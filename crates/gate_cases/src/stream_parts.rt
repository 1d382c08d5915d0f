// Sources and sinks over memory, and streams in pieces.
pub mod memory;
pub mod pieces;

========

(Task directions):
All entries are to be printed once more, exactly as given.

(Task output):
filename crates/gate_cases/src/stream_parts.rt
repository 1d382c08d5915d0f
// Sources and sinks over memory, and streams in pieces.
pub mod memory;
pub mod pieces;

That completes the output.